In March, Israel introduced new registration procedures for aid groups working in Gaza, citing security reasons. It asked them to provide a list of local Palestinian staff.
However, aid groups say donor countries’ data protection laws prevent them from handing over such information.

Many items, including tent poles, are also classified by Israel as “dual use,” meaning they have both military and civilian purposes and their entry is prohibited or severely restricted.
Cogat, the Israeli defense agency that controls the border crossing, told the BBC that “over the past few months” it had coordinated “nearly 190,000 tents and tarps directly into Gaza residents”.
“Under the terms of the ceasefire agreement,” the statement said, “hundreds of trucks carrying food, water, fuel, natural gas, medicines, medical equipment, tents and shelter supplies are allowed to enter the Gaza Strip every day, in coordination with the United Nations, international organizations, donor countries and the private sector.”
“We call on international organizations to coordinate additional tents and tarpaulins and other winter humanitarian responses,” Kogat wrote on X on Sunday.
The company said it was working with the new US-led Civil-Military Coordination Center (CMCC) in southern Israel and other international partners to plan “a targeted humanitarian response for the coming winter.”
International aid groups hope that the China Military Coordination Commission (CMCC) will oversee the implementation of President Trump’s 20-point Gaza peace plan and help ease restrictions on its work.
As a meeting of foreign donors on the reconstruction of the Palestinian territories is expected to take place in Egypt soon, they say basic housing supplies must be allowed in while long-term plans are drawn up.
“What if all these countries came together in Cairo to discuss long-term reconstruction for Palestinians who desperately need aid if they die before the high-rise buildings are rebuilt,” said Egeland, a former U.N. emergency relief coordinator.
“They need a tent today, they don’t need a commitment to build a waterfront building in five years.”

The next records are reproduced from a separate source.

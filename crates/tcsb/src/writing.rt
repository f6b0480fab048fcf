// What the replica writes: its events, its since, and batches, always with all members in our own order.
ghost use Rattle.std.specs.Prelude.{◌≡◌, ℕ, ◌<◌, ◌≤◌, List, [], length, leb, ltb};
ghost use Rattle.store.specs.declared.event.Event.{Event};
ghost use Rattle.store.specs.Orders.{pushed};
ghost use Rattle.clock.specs.Matrix.{row_of};
ghost use Rattle.telegram.specs.Reading.{Whole};
ghost use Rattle.telegram.specs.Writing.{body_spelt, exception_spelt, measured};
ghost use Rattle.lists.specs.Lists.{at};
ghost use Rattle.tcsb.specs.Replica.{exception_of, sent_event, send_of, since_of, pull_of, flush_of};
ghost use Rattle.tcsb.specs.Tcsb.{view, has_words, Writes, WritesOnly, WritesIf};
ghost use Rattle.tcsb.specs.Writing.{event_body, body_spelt_at, exception_spelt_at, head_of, Measures, PutsItem, ItemsWidth, PutsItems, WritesBatch, wanted_by, Wants, ReadsIds, Asks, DeliversAll};

use crate::batch::Ids;
use crate::delivery::first_ready;
use crate::internalizer::{Translation, operation_of};
use crate::receive::{new_in, put, room_for};
use crate::tcsb::{INBOX, OUTBOX, Tcsb, WAITING, has_words};
use clock::id::{EventId, ReplicaIdx};
use clock::version_vector::Row;
use refusal::Refusal;
use store::event::{Event, OPERATION, load};
use store::order::{SLOTS, Slots};
use telegram::batch::write_batch_head;
use telegram::body::{Body, Place, body_width, write_body};
use telegram::event::write_event;
use telegram::field::Part;
use telegram::head::Head;
use telegram::since::{
    Exception, Since, exception_width, read_exception, read_since, write_exception,
    write_since_head,
};

// An event as a body; its operation is a part of the event's own bytes.
fn body_of(event: &Event) -> Body
    ensures { result ≡ event_body event.now }
{
    Body {
        place: Place(event.origin.0),
        number: event.number,
        entries: event.version.entries,
        operation: Part {
            start: 0,
            len: event.len,
        },
    }
}

// The id of an event as an exception.
fn exception_of(event: &Event) -> Exception
    ensures { result ≡ exception_of event.now }
{
    Exception {
        place: Place(event.origin.0),
        number: event.number,
    }
}

// What a stored event is written as: a body of a batch, or an exception of a since.
trait Written {
    // Its bytes behind a list of so many names.
    ghost bytes: { ℕ → Event → List ℕ };

    // How it is spelt there, or why it can't be.
    ghost spelt: { ℕ → Event → Whole (List ℕ) };

    // How many bytes the event takes.
    fn width(event: &Event, names: usize) -> Result<usize, Refusal>
        ensures measures { Measures bytes event.now names result }
        ensures told { result ≡ measured (spelt names event.now) };

    // Writes the event where it fits; the answer is the place behind it.
    fn put(out: &mut [u8], at: usize, event: &Event, names: usize) -> usize
        ensures { PutsItem bytes out.old out.new at event.now names result };
}

impl Written for Body {
    ghost bytes = { body_spelt_at };

    ghost spelt = { λ n e. body_spelt n e.operation (event_body e) };

    fn width(event: &Event, names: usize) -> Result<usize, Refusal> {
        body_width(names, &event.operation, &body_of(event))
    }

    fn put(out: &mut [u8], at: usize, event: &Event, names: usize) -> usize {
        write_body(out, at, names, &event.operation, &body_of(event)).unwrap_or(at)
    }
}

impl Written for Exception {
    ghost bytes = { exception_spelt_at };

    ghost spelt = { λ n e. exception_spelt n (exception_of e) };

    fn width(event: &Event, names: usize) -> Result<usize, Refusal> {
        exception_width(names, exception_of(event))
    }

    fn put(out: &mut [u8], at: usize, event: &Event, names: usize) -> usize {
        write_exception(out, at, names, exception_of(event)).unwrap_or(at)
    }
}

// How many bytes the events of the slots take.
// kept: slots are handed over as they are, here and in `wanted`: behind a reference the proof doesn't see that their array has 256 places, which bounds the
// sum here and the pushes there; tried, and the proof did not close. `put_items` takes them as `items_width` does
fn items_width<I: Written>(words: &[u32], slots: Slots, names: usize) -> Result<usize, Refusal>
    ensures { ItemsWidth I.bytes words.now slots names result }
{
    let mut sum = 0;
    for slot in slots.meant() {
        sum += I::width(&load(words, *slot), names)?;
    }
    Ok(sum)
}

// Writes the events of the slots where they fit; the answer is the place behind them.
fn put_items<I: Written>(
    out: &mut [u8],
    at: usize,
    words: &[u32],
    slots: Slots,
    names: usize,
) -> usize
    ensures { PutsItems I.bytes out.old out.new at words.now slots names result }
{
    let mut next = at;
    for slot in slots.meant() {
        next = I::put(out, next, &load(words, *slot), names);
    }
    next
}

// A slot behind the others.
// kept: beside the store's own `push`, which asks for room and so is not public: no public call asks anything of its caller
fn push(slots: &mut Slots, slot: u8)
    ensures { slots.old.count < 256 → slots.new ≡ pushed slots.old slot }
{
    if slots.count < SLOTS {
        slots.at[slots.count] = slot;
        slots.count += 1;
    }
}

// The exceptions of a since as ids at our places.
fn read_ids(s: &[u8], since: &Since, row: &Translation) -> Ids
    requires { since.now.count ≤ 64 }
    ensures { ReadsIds s.now since.now.exceptions since.now.head.names.count since.now.count row.now result }
{
    let mut ids = Ids::none();
    let mut next = since.exceptions;
    for _ in 0..since.count {
        let Ok(exception) = read_exception(s, next, since.head.names.count) else {
            return ids;
        };
        ids.push(EventId {
            idx: row.our_place(exception.value.place),
            seq: exception.value.number,
        });
        next = exception.next;
    }
    ids
}

// Whether a number is above the requested one.
fn is_above(number: u32, requested: u32) -> bool
    ensures { result ≡ ltb requested number }
{
    requested < number
}

// An event that is not the requester's, above the requested entry and not excepted.
fn is_wanted(event: &Event, requester: ReplicaIdx, requested: Row, ids: &Ids) -> bool
    requires { ids.now.count ≤ 256 }
    ensures { result ≡ wanted_by requester.0 requested.entries ids.now event.now }
{
    event.origin != requester
        && is_above(event.number, requested.get(event.origin))
        && !ids.has(event.id())
}

// The slots of the events that a requester wants.
fn wanted(order: Slots, words: &[u32], requester: ReplicaIdx, requested: Row, ids: &Ids) -> Slots
    requires { ids.now.count ≤ 256 }
    ensures { Wants words.now order requester.0 requested.entries ids.now result }
{
    let mut slots = Slots::none();
    for slot in order.meant() {
        if is_wanted(&load(words, *slot), requester, requested, ids) {
            push(&mut slots, *slot);
        }
    }
    slots
}

impl Tcsb {
    // What our batches and sinces begin with: all members in our own order, our place, our row.
    fn head(&self) -> Head
        ensures { result ≡ head_of self.now }
    {
        let own = self.matrix.origin;
        let entries = self.matrix.row(own).entries;
        Head {
            names: self.names,
            sender: Place(own.0),
            entries,
        }
    }

    // Writes a batch of the events that the slots hold.
    fn write_batch(
        &self,
        list: &[u8],
        words: &[u32],
        slots: &Slots,
        out: &mut [u8],
    ) -> Result<usize, Refusal>
        ensures { WritesBatch list.now words.now slots.now out.old out.new self.now result }
    {
        let head = self.head();
        let behind = items_width::<Body>(words, *slots, head.names.count)?;
        let at = write_batch_head(out, list, &head, slots.count, behind)?;
        Ok(put_items::<Body>(out, at, words, *slots, head.names.count))
    }

    // The event that we send next with an operation.
    fn next_event(&self, operation: &[u8]) -> Event
        requires { at (row_of self.now.matrix.rows self.now.matrix.origin.0) self.now.matrix.origin.0 < 4294967295 }
        ensures { result ≡ sent_event (view self.now [] [] []) operation.now }
    {
        let own = self.matrix.origin;
        let row = self.matrix.row(own);
        let number = row.get(own) + 1;
        let len = operation.len();
        Event {
            origin: own,
            number,
            version: row.set(own, number),
            len,
            operation: operation_of(operation, Part { start: 0, len }),
        }
    }

    // Sends an operation: raises our entry by one, keeps the event in the outbox, writes its telegram. Refused with 4, 14, 13, 15. The answer is
    // how many bytes were written.
    pub fn send(
        &mut self,
        list: &[u8],
        outbox: &mut [u32],
        operation: &[u8],
        out: &mut [u8],
    ) -> Result<usize, Refusal>
        ensures { (p : List ℕ) → Writes list.now p p outbox.old outbox.new out.old out.new (leb 6912 (length outbox.old)) self.old self.new result (λ st. send_of st operation.now) }
    {
        if outbox.len() < OUTBOX || OPERATION < operation.len() {
            return Err(Refusal::OutOfRange);
        }
        let own = self.matrix.origin;
        if self.matrix.row(own).get(own) == u32::MAX {
            return Err(Refusal::LastNumber);
        }
        let event = self.next_event(operation);
        room_for(
            0,
            0,
            self.outbox.order.count,
            new_in(&self.outbox, outbox, event.id()),
        )?;
        let end = write_event(out, list, &self.names, operation, &body_of(&event))?;
        put(&mut self.outbox, outbox, event);
        self.matrix.put_row(own, event.version);
        Ok(end)
    }

    // Writes our since: our row, and the waiting ids as exceptions by origin place, then number. The answer is how many bytes were written.
    pub fn since(&self, list: &[u8], inbox: &[u32], out: &mut [u8]) -> Result<usize, Refusal>
        ensures { (q : List ℕ) → WritesOnly list.now inbox.now q out.old out.new (leb 1728 (length inbox.now)) self.now result since_of }
    {
        if inbox.len() < INBOX {
            return Err(Refusal::OutOfRange);
        }
        let head = self.head();
        let order = self.inbox.order;
        let behind = items_width::<Exception>(inbox, order, head.names.count)?;
        let at = write_since_head(out, list, &head, order.count, behind)?;
        Ok(put_items::<Exception>(out, at, inbox, order, head.names.count))
    }

    // The batch that answers a since that was read, through its sender's row.
    fn answer(
        &mut self,
        list: &[u8],
        outbox: &[u32],
        s: &[u8],
        since: &Since,
        row: Translation,
        out: &mut [u8],
    ) -> Result<usize, Refusal>
        requires { since.now.count ≤ 64 }
        ensures { (p : List ℕ) → WritesIf (Asks list.now p outbox.now self.old s.now since.now row) list.now p p outbox.now outbox.now out.old out.new self.old self.new result (λ st. pull_of st s.now) }
    {
        let requester = row.our_place(since.head.sender);
        let requested = row.our_row(&since.head.entries);
        let ids = read_ids(s, since, &row);
        let slots = wanted(self.outbox.order, outbox, requester, requested, &ids);
        let end = self.write_batch(list, outbox, &slots, out)?;
        self.extend(requester, row);
        Ok(end)
    }

    // Answers a since: for each origin but the requester's, outbox events above the requested entry and not excepted, by place, then number,
    // with our row. The answer is how many bytes were written.
    pub fn pull(
        &mut self,
        list: &[u8],
        outbox: &[u32],
        s: &[u8],
        out: &mut [u8],
    ) -> Result<usize, Refusal>
        ensures { (p : List ℕ) → Writes list.now p p outbox.now outbox.now out.old out.new (leb 6912 (length outbox.now)) self.old self.new result (λ st. pull_of st s.now) }
    {
        if outbox.len() < OUTBOX {
            return Err(Refusal::OutOfRange);
        }
        let since = read_since(s)?;
        let row = self.admit(list, s, &since.head.names, since.head.sender)?;
        self.answer(list, outbox, s, &since, row, out)
    }

    // Next until none is ready; the slots of what it delivered, in order.
    // kept: not by `next_causally_ready`, which answers the event; here the slot is wanted, and the words were tested before
    fn deliver_all(&mut self, inbox: &[u32]) -> Slots
        ensures { DeliversAll inbox.now self.old self.new result }
    {
        let mut slots = Slots::none();
        for _ in 0..WAITING {
            let row = self.matrix.row(self.matrix.origin);
            let Some(position) = first_ready(&self.inbox.order, inbox, row, self.matrix.members)
            else {
                return slots;
            };
            if position < SLOTS {
                push(&mut slots, self.inbox.order.at[position]);
                let _ = self.deliver_at(inbox, position);
            }
        }
        slots
    }

    // Next until none is ready, then one frontier call; writes a batch of the delivered events in order with our row after them. The answer is
    // how many bytes were written; a flush that is refused has delivered nothing.
    pub fn flush(
        &mut self,
        list: &[u8],
        inbox: &[u32],
        outbox: &[u32],
        out: &mut [u8],
    ) -> Result<usize, Refusal>
        ensures { Writes list.now inbox.now inbox.now outbox.now outbox.now out.old out.new (has_words (length inbox.now) (length outbox.now)) self.old self.new result flush_of }
    {
        if !has_words(inbox.len(), outbox.len()) {
            return Err(Refusal::OutOfRange);
        }
        let mut flushed = *self;
        let slots = flushed.deliver_all(inbox);
        let _ = flushed.is_stable(outbox);
        let end = flushed.write_batch(list, inbox, &slots, out)?;
        *self = flushed;
        Ok(end)
    }
}
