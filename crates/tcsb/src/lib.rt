// The replica: Tcsb's calls over clocks, telegrams and stores.
#![tactic(auto)]

pub mod batch;
pub mod delivery;
pub mod internalizer;
pub mod receive;
pub mod tcsb;
pub mod writing;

Palestinians told the BBC that many tents brought in by international agencies and Gulf donors were stolen and sold on Gaza’s black market.
Prices have fallen to around $900-$1,000 from around $2,700 (€2,330; £2,050) before the ceasefire, as supply increased slightly, they said.
There have been calls for the international community to help distribute more shelters more equitably.
“I hope everyone will join us in ending this crisis we are going through,” said Alaa al-Dirghali of Khan Younis. “These tents have been in the sun for two years and in the rain for two years, but they can’t withstand this downpour.”
“To this moment, people are rebuilding these broken tents because they have no other choice. I pray to God that those responsible for distributing the tents will give them to the people who really need them. They were stolen and sold to people at very high prices.”

In Gaza City, Rami Deif Allah, displaced from Beit Hanoun, and his elderly mother and children dried their soggy mattresses in the weak sunlight.
He said a relative gave him a waterproof tent, but it remained flooded.
“We evacuated about 11 times and there was no safe place, so we hid in these simple tents, but it was all in vain. When it rained, they couldn’t protect us,” he said. “The water covered us from top to bottom.”
Like all Gazans, Rami yearns for a permanent home.
“We pray that this war will come to a complete end and that everyone can return home,” he continued. “Even if our houses don’t stand, we will rebuild them with our sweat and blood. This situation of living on the streets is unbearable.”